Cassie's appearance in MKX was lauded as a notable representation of strong female characters in video games. In 2022, Dot Esports wrote that Cassie "has been praised for her singular personality and the gender representation she embodied," and rated her among the series' five best female characters on the grounds that she "amplifies the best qualities of both [Johnny Cage and Sonya Blade]." Lucas Sullivan of GamesRadar praised the game's overall "depictions of strong women, particularly Sonya Blade, Cassie Cage, and Jacqui Briggs" as "some of the most grounded, believable, and most importantly relatable portrayals I've seen". The staff of Comic Book Resources, in 2021, placed Cassie fifth in their ranking of Mortal Kombat's 23 playable female characters, citing the impact of her series debut: "In a clear passing of the torch moment, Cassie was the one who took down this latest threat to the worlds of Mortal Kombat and took her place as someone to lead the franchise into a new era."

Cassie's "Selfie" Fatality from MKX has gained critical praise.
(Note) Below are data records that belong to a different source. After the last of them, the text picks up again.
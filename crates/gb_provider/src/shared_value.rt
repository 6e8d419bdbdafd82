//! Values with several owners.
ghost use Rattle.std.specs.Prelude.{◌≡◌, IfOk};

use std::alloc::{AllocError, Global};
use std::marker::Model;
use std::rc::Rc;

/// A value with several owners, in place of copies of it.
#[derive(Drop)]
pub(crate) struct Shared<A> {
    owner: Rc<A>,
}

impl<A> Model for Shared<A> {
    ghost Value = { A };

    ghost view = { λ s. s.owner.value };
}

impl<A: Drop> Shared<A> {
    /// A value with one owner.
    pub fn new(alloc: Global, value: A) -> Result<Shared<A>, AllocError>
        ensures { IfOk result (λ shared. shared ≡ value) }
    {
        match Rc::new(alloc, value) {
            Ok(owner) => Ok(Shared { owner }),
            Err(_) => Err(AllocError),
        }
    }

    /// One more owner of the value.
    pub fn share(&self) -> Result<Shared<A>, AllocError>
        ensures { IfOk result (λ shared. shared ≡ self.now) }
    {
        let owner = self.owner.clone()?;
        Ok(Shared { owner })
    }

    /// The value that all owners see.
    pub fn get(&self) -> &A
        ensures { result.now ≡ self.now }
    {
        self.owner.as_ref()
    }
}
Polygon commented, "We've become accustomed to Mortal Kombat's brand of gruesome humor over the past 20-plus years but even I had to wince at this one". Kotakus Patricia Hernandez stated, "Yes, it's not the most brutal fatality in the game. But it is the most memorable and culturally relevant one." CraveOnline ranked it second in their selection of the game's top ten Fatalities. Comic Book Resources considered it "one of the funniest and most memorable fatalities in the game", while Den of Geek commented, "Usually something like that would come off as too corny and forced, but they go so over-the-top with it, to the point of showing a Facebook knockoff page with scrolling comments from other kombatants, that it's one of the true highlights of the new game." In 2022, GameSpot simultaneously rated "Selfie" among the ten best Fatalities in the history of the franchise, and her "I <3 You" finisher from MK11 among the series' worst.